- Dataset records
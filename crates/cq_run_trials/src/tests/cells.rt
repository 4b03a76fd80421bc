//! Captures, and the slots in which their cells arrive.
ghost use Rattle.std.specs.Prelude.{◌≡◌, ◌<◌};

use super::given::{Come, Given, Switch, Trial, shows};
use cq_base::{Arrivals, Cell, NoMemory, Port, Slot};
use cq_cells::{Coming, Schedule, cells_of};
use std::alloc::Global;
use std::thread::Threads;

// The length of a packet, the bytes of a cell, and how many cells it has.
const LENGTHS: [(u32, u32, u32); 6] = [
    (0, 64, 1),
    (64, 64, 1),
    (65, 64, 2),
    (128, 64, 2),
    (262_144, 64, 4096),
    (60, 65_535, 1),
];

fn have_as_many() -> bool {
    for (length, cell_bytes, cells) in LENGTHS {
        if cells_of(length, cell_bytes) != cells {
            return false;
        }
    }
    true
}

#[test]
fn a_packet_has_as_many_cells_as_it_needs(rt: HostRuntime) {
    assert!(rt; have_as_many());
}

// Of the cell that arrives in a slot its packet, its number, where its piece begins, how long it is, and whether it is
// the last.
type Piece = (u32, u32, u32, u32, bool);

// Of a cell that arrives its packet and its output.
type Arrived = Option<(u32, Port)>;

// What a schedule is to show.
#[derive(Clone, Copy)]
enum Shown {
    // In a slot this arrives at input zero.
    Piece(Slot, Option<Piece>),
    // In slot after slot what is to come in turn arrives at three inputs, and the counts are those of such cells.
    Turns,
    // Of many packets each is counted, and goes to its own output.
    Many,
}

impl Trial for Shown {
    fn is_seen<R: Threads + Sync>(&self, _rt: &R, _alloc: Global, given: Given) -> bool {
        let schedule = given.schedule;
        let ports = given.captures.len();
        match *self {
            Shown::Piece(slot, piece) => 0 < ports && arrives(schedule, slot, piece),
            Shown::Turns => ports == 3 && arrive_in_turn(schedule) && has_counts(schedule),
            Shown::Many => ports == 3 && has_many(schedule) && has_routes(schedule),
        }
    }
}

// Whether this arrives in a slot at input zero.
fn arrives(schedule: &Schedule, slot: Slot, piece: Option<Piece>) -> bool
    requires { 0 < schedule.now.ports }
{
    let cell = schedule.cell_at(slot, 0);
    cell.map(|c| (c.id.packet, c.id.index, c.at, c.len, c.last)) == piece
}

const TOGETHER: &[Come] = &[(0, 64, 0), (0, 65, 0), (0, 128, 0)];

const TURNED: &[Come] = &[(2048, 60, 0), (0, 60, 0)];

const CROWDED: &[Come] = &[(0, 200, 0), (512, 60, 0)];

// Packets that come to one port, a slot, and what arrives in it.
type Row = (&'static [Come], Slot, Option<Piece>);

const PIECES: &[Row] = &[
    (TOGETHER, 0, Some((0, 0, 0, 64, true))),
    (TOGETHER, 1, Some((1, 0, 0, 64, false))),
    (TOGETHER, 2, Some((1, 1, 64, 1, true))),
    (TOGETHER, 3, Some((2, 0, 0, 64, false))),
    (TOGETHER, 4, Some((2, 1, 64, 64, true))),
    (TOGETHER, 5, None),
    (TURNED, 0, None),
    (TURNED, 3, None),
    (TURNED, 4, Some((0, 0, 0, 60, true))),
    (TURNED, 5, Some((1, 0, 0, 60, true))),
    (TURNED, 6, None),
    (CROWDED, 3, Some((0, 3, 192, 8, true))),
    (CROWDED, 4, Some((1, 0, 0, 60, true))),
    (&[], 0, None),
];

#[test]
fn cells_arrive_one_a_slot_from_the_slot_of_their_stamp_on(rt: HostRuntime) {
    for (packets, slot, piece) in PIECES {
        let shown = Shown::Piece(*slot, *piece);
        assert!(rt; shows(&rt, rt.alloc(), Switch::OnePort, &[*packets], &shown));
    }
}

fn arrived(cell: Option<Cell>) -> Arrived {
    cell.map(|cell| (cell.id.packet, cell.output))
}

// Whether these arrive at the three inputs.
fn arrive(arrivals: &Arrivals, first: Arrived, second: Arrived, third: Arrived) -> bool {
    arrived(arrivals.at(0)) == first
        && arrived(arrivals.at(1)) == second
        && arrived(arrivals.at(2)) == third
}

// What arrives at three ports in slot after slot, and in the first again.
const TURNS: &[(Slot, Arrived, Arrived, Arrived)] = &[
    (0, Some((0, 0)), Some((0, 0)), Some((0, 0))),
    (1, None, None, Some((1, 1))),
    (2, None, None, None),
    (0, Some((0, 0)), Some((0, 0)), Some((0, 0))),
];

// Whether these arrive in turn, where a slot is looked up and where it is filled in place.
fn arrive_in_turn(schedule: &Schedule) -> bool {
    let mut coming = Coming::none();
    for (slot, first, second, third) in TURNS {
        schedule.arrive(*slot, &mut coming);
        let looked_up = schedule.arrivals_at(*slot);
        if !arrive(&looked_up, *first, *second, *third)
            || !arrive(coming.arrivals(), *first, *second, *third)
        {
            return false;
        }
    }
    true
}

// Whether four cells, two of them of input two, arrive up to slot two, three for output zero and one for output one.
fn has_counts(schedule: &Schedule) -> bool
    requires { schedule.now.ports ≡ 3 }
{
    (schedule.t0(), schedule.total(), schedule.end()) == (1024, 4, 2)
        && (schedule.from_input(0), schedule.from_input(2)) == (1, 2)
        && (
            schedule.to_output(0),
            schedule.to_output(1),
            schedule.to_output(2),
        ) == (3, 1, 0)
}

// What comes to three ports.
const INPUTS: &[&[Come]] = &[
    &[(1024, 60, 0)],
    &[(1024, 60, 0)],
    &[(1024, 60, 0), (1536, 60, 1)],
];

#[test]
fn each_input_has_its_own_packets(rt: HostRuntime) {
    assert!(rt; shows(&rt, rt.alloc(), Switch::ThreePorts, INPUTS, &Shown::Turns));
}

// Packets of one stamp, every third of which goes to output one.
fn many_packets(alloc: Global) -> Result<Vec<Come>, NoMemory> {
    let mut packets = Vec::new(alloc);
    for k in 0..16_384_u32 {
        packets.push((0, 6, (k % 3) as u8))?;
    }
    Ok(packets)
}

// Whether all of them are counted, also by their outputs.
fn has_many(schedule: &Schedule) -> bool
    requires { schedule.now.ports ≡ 3 }
{
    let outputs = (schedule.to_output(0), schedule.to_output(1));
    (schedule.total(), schedule.end()) == (16384, 16384) && outputs == (10923, 5461)
}

// Packets, each of which arrives in the slot of its number, and their outputs.
const ROUTES: &[(u32, Port)] = &[(0, 0), (1, 1), (8191, 1), (8192, 0), (16382, 0), (16383, 0)];

// Whether each of these arrives so at input zero.
fn has_routes(schedule: &Schedule) -> bool
    requires { schedule.now.ports ≡ 3 }
{
    for (packet, output) in ROUTES {
        if arrived(schedule.cell_at(u64::from(*packet), 0)) != Some((*packet, *output)) {
            return false;
        }
    }
    true
}

// Whether each of many packets goes to its own output.
fn many_are_routed<R: Threads + Sync>(rt: &R, alloc: Global) -> bool {
    match many_packets(alloc) {
        Ok(packets) => {
            let inputs: [&[Come]; 3] = [&packets, &[], &[]];
            shows(rt, alloc, Switch::ThreePorts, &inputs, &Shown::Many)
        }
        Err(_) => false,
    }
}

// A capture this long is split among threads.
#[test]
fn each_of_many_packets_has_its_own_route(rt: HostRuntime) {
    assert!(rt; many_are_routed(&rt, rt.alloc()));
}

- Task directions
Look through the entries above. Copy each line in which the string "HostRuntime" occurs.

- Answer box
fn a_packet_has_as_many_cells_as_it_needs(rt: HostRuntime) {
fn cells_arrive_one_a_slot_from_the_slot_of_their_stamp_on(rt: HostRuntime) {
fn each_input_has_its_own_packets(rt: HostRuntime) {
fn each_of_many_packets_has_its_own_route(rt: HostRuntime) {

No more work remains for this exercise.